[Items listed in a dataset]
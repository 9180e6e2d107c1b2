//! Plays a text of one object or of several.
ghost use Rattle.std.specs.Prelude.{◌≡◌, ◌+◌, ◌++◌, ◌^◌, ◌<◌, ℕ, List, length, map, Ok, IfOk, IfErr, OnOk, codes, string_bytes};
ghost use Rattle.model_events.specs.declared.event.Event.{Event as AnEvent};
ghost use Rattle.model_events.specs.declared.event.Object.{Object as AnObject};
ghost use Rattle.model_room.specs.declared.event.RoomEvent.{RoomEvent as ARoomEvent};
ghost use Rattle.model_room.specs.Room.{StandsAt};
ghost use Rattle.sync_play.specs.Print.{last_line};
ghost use Rattle.sync_steps.specs.Machine as machines;
ghost use Rattle.text_lines.specs.Fault.{IsFaultOf};
ghost use Rattle.text_lines.specs.Lexer.{lines_of};
ghost use Rattle.text_room.specs.Output.{IsPrinted, last_lines, room_output, output_of, begins_several};
ghost use Rattle.text_room.specs.Walk.{rest_walk};

use crate::walk::{Rest, next_stride, open};
use model_events::event::Object;
use model_room::room::Room;
use std::alloc::{AllocError, Allocator};
use sync_play::print::{print_event, print_last};
use sync_steps::steps::Machine;
use text_lines::by_value_type;
use text_lines::fault::TextFault;
use text_lines::integer::TextInteger;
use text_lines::lexer::next_line;
use text_lines::several::is_several;

/// Plays what is left of a text, and prints its events.
fn play_rest<T: TextInteger, A: Allocator, B: Allocator>(
    room: &mut Room<T, A>,
    names: &[&[u8]],
    objects: &[Object<T>],
    rest: &mut Rest<'_, T>,
    out: &mut String<B>,
) -> Result<(), TextFault>
    requires countable { rest.old.line + length rest.old.lines.now < 2 ^ 64 }
    ensures { (parties : ℕ) (past : List (ARoomEvent T)) → StandsAt T.arithmetic objects.now parties past room.old →
        IsPrinted T.arithmetic T.numerals (map (λ name. name.now) names.now) objects.now parties past
        (rest_walk T.arithmetic T.numerals (map (λ name. name.now) names.now) objects.now parties past rest.old) (string_bytes out.old) (string_bytes out.new) room.new result }
{
    while let Some(stride) = next_stride(room, names, objects, rest)? {
        // Of a spin no try prints anything.
        print_event(out, &stride.step.event.event)?;
    }
    Ok(())
}

/// Prints the last line of an object, behind its name.
fn print_last_of<T: TextInteger, A: Allocator + Copy>(
    alloc: A,
    out: &mut Vec<u8, A>,
    machine: &Machine<T, A>,
    name: &[u8],
) -> Result<(), AllocError>
    ensures { (o : AnObject T) (parties : ℕ) (past : List (AnEvent T)) → machines.StandsAt T.arithmetic o parties past machine.now →
        OnOk result (out.new.items ≡ (out.old.items ++ name.now) ++ (codes " " ++ last_line T.arithmetic T.numerals o past)) }
{
    out.extend_from_slice(name)?;
    let mut line = String::new(alloc);
    line.push_str(" ")?;
    print_last(&mut line, machine)?;
    out.extend_from_slice(line.as_bytes())?;
    Ok(())
}

/// Prints the last line of each object, behind its name.
fn print_lasts<T: TextInteger, A: Allocator + Copy>(
    alloc: A,
    out: &mut Vec<u8, A>,
    room: &Room<T, A>,
    names: &[&[u8]],
) -> Result<(), AllocError>
    ensures { (objects : List (AnObject T)) (parties : ℕ) (past : List (ARoomEvent T)) → StandsAt T.arithmetic objects parties past room.now →
        OnOk result (out.new.items ≡ out.old.items ++ last_lines T.arithmetic T.numerals 0 (map (λ name. name.now) names.now) objects past) }
{
    for object in 0..names.len() {
        if let Some(machine) = room.machine(object) {
            print_last_of(alloc, out, machine, names[object])?;
        }
    }
    Ok(())
}

/// Plays a text of several objects, whose values are of this type.
fn play_several<T: TextInteger, A: Allocator + Copy>(
    alloc: A,
    text: &[u8],
) -> Result<Vec<u8, A>, TextFault>
    ensures played { IfOk result (λ bytes. room_output T.arithmetic T.numerals (lines_of text.now) ≡ Ok bytes.items) }
    ensures fault { IfErr result (λ e. IsFaultOf e (room_output T.arithmetic T.numerals (lines_of text.now))) }
{
    let (group, mut rest) = open::<T, A>(alloc, text)?;
    let mut room = Room::new(alloc, &group.objects, group.parties)?;
    let mut out = String::new(alloc);
    play_rest(&mut room, &group.names, &group.objects, &mut rest, &mut out)?;
    let mut bytes = out.into_bytes();
    print_lasts(alloc, &mut bytes, &room, &group.names)?;
    Ok(bytes)
}

/// Whether a text is one of several objects.
pub fn begins_several(text: &[u8]) -> bool
    ensures { result ≡ begins_several (lines_of text.now) }
{
    match next_line(text) {
        Some((line, _)) => is_several(line),
        None => false,
    }
}

/// Plays a text: what its events print and the last line of each object, or the fault of its first faulty line.
///
/// It is played stride by stride, so beside the objects it takes memory for the output alone. Both are made with this allocator, which a
/// reference to one may be.
pub fn play_text<A: Allocator + Copy>(alloc: A, text: &[u8]) -> Result<Vec<u8, A>, TextFault>
    ensures played { IfOk result (λ bytes. output_of text.now ≡ Ok bytes.items) }
    ensures fault { IfErr result (λ e. IsFaultOf e (output_of text.now)) }
{
    if begins_several(text) {
        by_value_type!(text, play_several<A>(alloc, text))
    } else {
        sync_play::play_text(alloc, text)
    }
}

(What you should do)
All entries should be given again precisely as they appear above.

(Answer space)
repository 9180e6e2d107c1b2
//! Plays a text of one object or of several.
ghost use Rattle.std.specs.Prelude.{◌≡◌, ◌+◌, ◌++◌, ◌^◌, ◌<◌, ℕ, List, length, map, Ok, IfOk, IfErr, OnOk, codes, string_bytes};
ghost use Rattle.model_events.specs.declared.event.Event.{Event as AnEvent};
ghost use Rattle.model_events.specs.declared.event.Object.{Object as AnObject};
ghost use Rattle.model_room.specs.declared.event.RoomEvent.{RoomEvent as ARoomEvent};
ghost use Rattle.model_room.specs.Room.{StandsAt};
ghost use Rattle.sync_play.specs.Print.{last_line};
ghost use Rattle.sync_steps.specs.Machine as machines;
ghost use Rattle.text_lines.specs.Fault.{IsFaultOf};
ghost use Rattle.text_lines.specs.Lexer.{lines_of};
ghost use Rattle.text_room.specs.Output.{IsPrinted, last_lines, room_output, output_of, begins_several};
ghost use Rattle.text_room.specs.Walk.{rest_walk};

use crate::walk::{Rest, next_stride, open};
use model_events::event::Object;
use model_room::room::Room;
use std::alloc::{AllocError, Allocator};
use sync_play::print::{print_event, print_last};
use sync_steps::steps::Machine;
use text_lines::by_value_type;
use text_lines::fault::TextFault;
use text_lines::integer::TextInteger;
use text_lines::lexer::next_line;
use text_lines::several::is_several;

/// Plays what is left of a text, and prints its events.
fn play_rest<T: TextInteger, A: Allocator, B: Allocator>(
    room: &mut Room<T, A>,
    names: &[&[u8]],
    objects: &[Object<T>],
    rest: &mut Rest<'_, T>,
    out: &mut String<B>,
) -> Result<(), TextFault>
    requires countable { rest.old.line + length rest.old.lines.now < 2 ^ 64 }
    ensures { (parties : ℕ) (past : List (ARoomEvent T)) → StandsAt T.arithmetic objects.now parties past room.old →
        IsPrinted T.arithmetic T.numerals (map (λ name. name.now) names.now) objects.now parties past
        (rest_walk T.arithmetic T.numerals (map (λ name. name.now) names.now) objects.now parties past rest.old) (string_bytes out.old) (string_bytes out.new) room.new result }
{
    while let Some(stride) = next_stride(room, names, objects, rest)? {
        // Of a spin no try prints anything.
        print_event(out, &stride.step.event.event)?;
    }
    Ok(())
}

/// Prints the last line of an object, behind its name.
fn print_last_of<T: TextInteger, A: Allocator + Copy>(
    alloc: A,
    out: &mut Vec<u8, A>,
    machine: &Machine<T, A>,
    name: &[u8],
) -> Result<(), AllocError>
    ensures { (o : AnObject T) (parties : ℕ) (past : List (AnEvent T)) → machines.StandsAt T.arithmetic o parties past machine.now →
        OnOk result (out.new.items ≡ (out.old.items ++ name.now) ++ (codes " " ++ last_line T.arithmetic T.numerals o past)) }
{
    out.extend_from_slice(name)?;
    let mut line = String::new(alloc);
    line.push_str(" ")?;
    print_last(&mut line, machine)?;
    out.extend_from_slice(line.as_bytes())?;
    Ok(())
}

/// Prints the last line of each object, behind its name.
fn print_lasts<T: TextInteger, A: Allocator + Copy>(
    alloc: A,
    out: &mut Vec<u8, A>,
    room: &Room<T, A>,
    names: &[&[u8]],
) -> Result<(), AllocError>
    ensures { (objects : List (AnObject T)) (parties : ℕ) (past : List (ARoomEvent T)) → StandsAt T.arithmetic objects parties past room.now →
        OnOk result (out.new.items ≡ out.old.items ++ last_lines T.arithmetic T.numerals 0 (map (λ name. name.now) names.now) objects past) }
{
    for object in 0..names.len() {
        if let Some(machine) = room.machine(object) {
            print_last_of(alloc, out, machine, names[object])?;
        }
    }
    Ok(())
}

/// Plays a text of several objects, whose values are of this type.
fn play_several<T: TextInteger, A: Allocator + Copy>(
    alloc: A,
    text: &[u8],
) -> Result<Vec<u8, A>, TextFault>
    ensures played { IfOk result (λ bytes. room_output T.arithmetic T.numerals (lines_of text.now) ≡ Ok bytes.items) }
    ensures fault { IfErr result (λ e. IsFaultOf e (room_output T.arithmetic T.numerals (lines_of text.now))) }
{
    let (group, mut rest) = open::<T, A>(alloc, text)?;
    let mut room = Room::new(alloc, &group.objects, group.parties)?;
    let mut out = String::new(alloc);
    play_rest(&mut room, &group.names, &group.objects, &mut rest, &mut out)?;
    let mut bytes = out.into_bytes();
    print_lasts(alloc, &mut bytes, &room, &group.names)?;
    Ok(bytes)
}

/// Whether a text is one of several objects.
pub fn begins_several(text: &[u8]) -> bool
    ensures { result ≡ begins_several (lines_of text.now) }
{
    match next_line(text) {
        Some((line, _)) => is_several(line),
        None => false,
    }
}

/// Plays a text: what its events print and the last line of each object, or the fault of its first faulty line.
///
/// It is played stride by stride, so beside the objects it takes memory for the output alone. Both are made with this allocator, which a
/// reference to one may be.
pub fn play_text<A: Allocator + Copy>(alloc: A, text: &[u8]) -> Result<Vec<u8, A>, TextFault>
    ensures played { IfOk result (λ bytes. output_of text.now ≡ Ok bytes.items) }
    ensures fault { IfErr result (λ e. IsFaultOf e (output_of text.now)) }
{
    if begins_several(text) {
        by_value_type!(text, play_several<A>(alloc, text))
    } else {
        sync_play::play_text(alloc, text)
    }
}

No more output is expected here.